About this exercise:
Below are records; how many of their lines contain "Rattle"? Reply with the number and no other words.

Data extracts:
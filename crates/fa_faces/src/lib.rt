//! The face of one box, or the least of the rules B4 to B7 that it breaks.
#![tactic(auto)]

pub mod crossing;
mod face;
pub mod fault;
pub mod laws;
mod ports;
mod shown;
mod trimming;

pub use face::box_face;
pub use fault::FaceFault;
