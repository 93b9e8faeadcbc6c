// The components of an inside without the states that take no part.

ghost use Rattle.std.specs.Prelude.{IfOk};
ghost use Rattle.fa_faces.specs.inner.Trimmed.{IsTrimOf, AreTrimOf};

use fore_base::list::List;
use fore_base::memory::Mem;
use std::alloc::Global;
use ta_core::auto::Auto;
use ta_core::trim;

/// Each of the components without the states that take no part.
///
/// # Errors
///
/// Want of memory.
pub fn trim_each(alloc: Global, autos: &[Auto]) -> Mem<List<Auto>>
    ensures { IfOk result (λ made. AreTrimOf autos.now made) }
{
    let mut all = List::new(alloc);
    for auto in autos {
        all.push(trim_one(alloc, auto)?)?;
    }
    Ok(all)
}

fn trim_one(alloc: Global, auto: &Auto) -> Mem<Auto>
    ensures { IfOk result (λ made. IsTrimOf auto.now made) }
{
    let made = trim(alloc, auto)?;
    made.known();
    Ok(made)
}
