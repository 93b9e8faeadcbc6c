//! Files of boxes over the structs of a program.
//!
//! `read_boxes` gives the table of boxes that a text writes, or the first rule that it breaks, with its line.
#![tactic(auto)]

pub mod crossing;
pub mod fault;
pub mod laws;
mod reader;
mod tables;

pub use fault::BoxFault;
pub use reader::read_boxes;
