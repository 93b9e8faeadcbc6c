// The face of a box.

ghost use Rattle.std.specs.Prelude.{◌≡◌, ◌<◌, ◌^◌, ℕ, List, length, IfOk, IfErr};
ghost use Rattle.fa_box_rules.specs.Rules.{IsWellNamed, IsUnbroken};
ghost use Rattle.fa_core.specs.Boxes.{SoundBox};
ghost use Rattle.fa_core.specs.declared.faces.BoxFace.{BoxFace};
ghost use Rattle.fa_faces.specs.Faults.{box_inside, IsFaultOf};
ghost use Rattle.fa_faces.specs.inner.Parts.{IsReady, AllRight, AreTopsRight, AreSigned, IsShown};

use crate::fault::FaceFault;
use crate::ports::are_tops_right;
use crate::shown::shown_face;
use crate::trimming::trim_each;
use fa_back::ranked_insides;
use fa_box_rules::BoxRule;
use fa_boxes::{is_some_empty, signs};
use fa_core::{BoxFace, BoxTable, Forest, Signature};
use fa_giving::are_right;
use fa_reach::laws::choices_are_of_signatures;
use fa_reach::reach_all;
use fore_base::list::List;
use std::alloc::Global;
use ta_core::auto::Auto;

/// The face of the box with ports of these structs and this inside: exactly where it has a face by which it is a sound
/// box over the table, under any name. Else the least of the rules B4 to B7 that it breaks; where a component has no
/// tree, this is B7, and none of the others is looked for.
///
/// # Errors
///
/// The rule, or want of memory.
pub fn box_face(
    alloc: Global,
    table: &BoxTable,
    input: u32,
    output: Option<u32>,
    inside: &Forest,
) -> Result<BoxFace, FaceFault>
    requires named { IsWellNamed table.now.face (box_inside input output inside.now.autos) }
    requires count { length inside.now.autos < 2 ^ 32 }
    ensures face { IfOk result (IsUnbroken table.now.face table.now.defs (box_inside input output inside.now.autos)) }
    ensures breaks { IfErr result (IsFaultOf table.now.face table.now.defs (box_inside input output inside.now.autos)) }
    ensures ports { IfOk result (λ x. (x.input ≡ input) × (x.output ≡ output)) }
    ensures sound { IfOk result (λ x. (n : List ℕ)
        → SoundBox table.now.face table.now.defs (record { name = n; face = x; inside = inside.now })) }
    ensures one { (n : List ℕ) (x : BoxFace) → x.input ≡ input → x.output ≡ output
        → SoundBox table.now.face table.now.defs (record { name = n; face = x; inside = inside.now })
        → IfOk result (λ y. y ≡ x) }
    ensures none { (n : List ℕ) (x : BoxFace) → x.input ≡ input → x.output ≡ output
        → SoundBox table.now.face table.now.defs (record { name = n; face = x; inside = inside.now })
        → IfErr result (λ e. e ≡ FaceFault.Memory) }
{
    table.known();
    ranked_insides(table);
    decided(alloc, table, input, output, inside)
}

/// As `box_face`, without what the laws say.
fn decided(
    alloc: Global,
    table: &BoxTable,
    input: u32,
    output: Option<u32>,
    inside: &Forest,
) -> Result<BoxFace, FaceFault>
    requires named { IsWellNamed table.now.face (box_inside input output inside.now.autos) }
    requires count { length inside.now.autos < 2 ^ 32 }
    ensures face { IfOk result (IsUnbroken table.now.face table.now.defs (box_inside input output inside.now.autos)) }
    ensures breaks { IfErr result (IsFaultOf table.now.face table.now.defs (box_inside input output inside.now.autos)) }
{
    if is_some_empty(alloc, inside.autos.as_slice())? {
        return Err(FaceFault::Breaks(BoxRule::B7));
    }
    let trimmed = trim_each(alloc, inside.autos.as_slice())?;
    trimmed_face(alloc, table, input, output, trimmed.as_slice())
}

/// So for a box each of whose components has a tree, and is trimmed.
fn trimmed_face(
    alloc: Global,
    table: &BoxTable,
    input: u32,
    output: Option<u32>,
    autos: &[Auto],
) -> Result<BoxFace, FaceFault>
    requires { IsReady table.now.face (box_inside input output autos.now) }
    ensures face { IfOk result (IsUnbroken table.now.face table.now.defs (box_inside input output autos.now)) }
    ensures breaks { IfErr result (IsFaultOf table.now.face table.now.defs (box_inside input output autos.now)) }
{
    if !are_right(alloc, table.face(), input, output, autos)? {
        return Err(FaceFault::Breaks(BoxRule::B4));
    }
    if !are_tops_right(alloc, table.face(), input, output, autos)? {
        return Err(FaceFault::Breaks(BoxRule::B5));
    }
    signed_face(alloc, table, input, output, autos)
}

/// So where neither B4 nor what stands at the tops refuses it.
fn signed_face(
    alloc: Global,
    table: &BoxTable,
    input: u32,
    output: Option<u32>,
    autos: &[Auto],
) -> Result<BoxFace, FaceFault>
    requires ready { IsReady table.now.face (box_inside input output autos.now) }
    requires right { AllRight table.now.face (box_inside input output autos.now) }
    requires tops { AreTopsRight table.now.face.boxes (box_inside input output autos.now) }
    ensures face { IfOk result (IsUnbroken table.now.face table.now.defs (box_inside input output autos.now)) }
    ensures breaks { IfErr result (IsFaultOf table.now.face table.now.defs (box_inside input output autos.now)) }
{
    match signs(alloc, table.face().boxes.as_slice(), autos)? {
        Some(lists) => listed_face(alloc, table, input, output, autos, lists.as_slice()),
        None => Err(FaceFault::Breaks(BoxRule::B5)),
    }
}

/// So where the signatures of the components are these.
fn listed_face(
    alloc: Global,
    table: &BoxTable,
    input: u32,
    output: Option<u32>,
    autos: &[Auto],
    lists: &[List<Signature>],
) -> Result<BoxFace, FaceFault>
    requires ready { IsReady table.now.face (box_inside input output autos.now) }
    requires right { AllRight table.now.face (box_inside input output autos.now) }
    requires tops { AreTopsRight table.now.face.boxes (box_inside input output autos.now) }
    requires signed { AreSigned table.now.face.boxes autos.now lists.now }
    ensures face { IfOk result (IsUnbroken table.now.face table.now.defs (box_inside input output autos.now)) }
    ensures breaks { IfErr result (IsFaultOf table.now.face table.now.defs (box_inside input output autos.now)) }
{
    match shown_face(alloc, table, input, output, autos, lists)? {
        Some(face) => reached_face(alloc, table, input, output, autos, lists, face),
        None => Err(FaceFault::Breaks(BoxRule::B5)),
    }
}

/// The face that the trees show, if each cell is reached from the input.
fn reached_face(
    alloc: Global,
    table: &BoxTable,
    input: u32,
    output: Option<u32>,
    autos: &[Auto],
    lists: &[List<Signature>],
    face: BoxFace,
) -> Result<BoxFace, FaceFault>
    requires ready { IsReady table.now.face (box_inside input output autos.now) }
    requires shown { IsShown table.now.face table.now.defs (box_inside input output autos.now) face }
    requires signed { AreSigned table.now.face.boxes autos.now lists.now }
    ensures face { IfOk result (IsUnbroken table.now.face table.now.defs (box_inside input output autos.now)) }
    ensures breaks { IfErr result (IsFaultOf table.now.face table.now.defs (box_inside input output autos.now)) }
{
    table.known();
    ranked_insides(table);
    choices_are_of_signatures();
    if reach_all(alloc, lists, 0)? {
        Ok(face)
    } else {
        Err(FaceFault::Breaks(BoxRule::B6))
    }
}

Your response:
8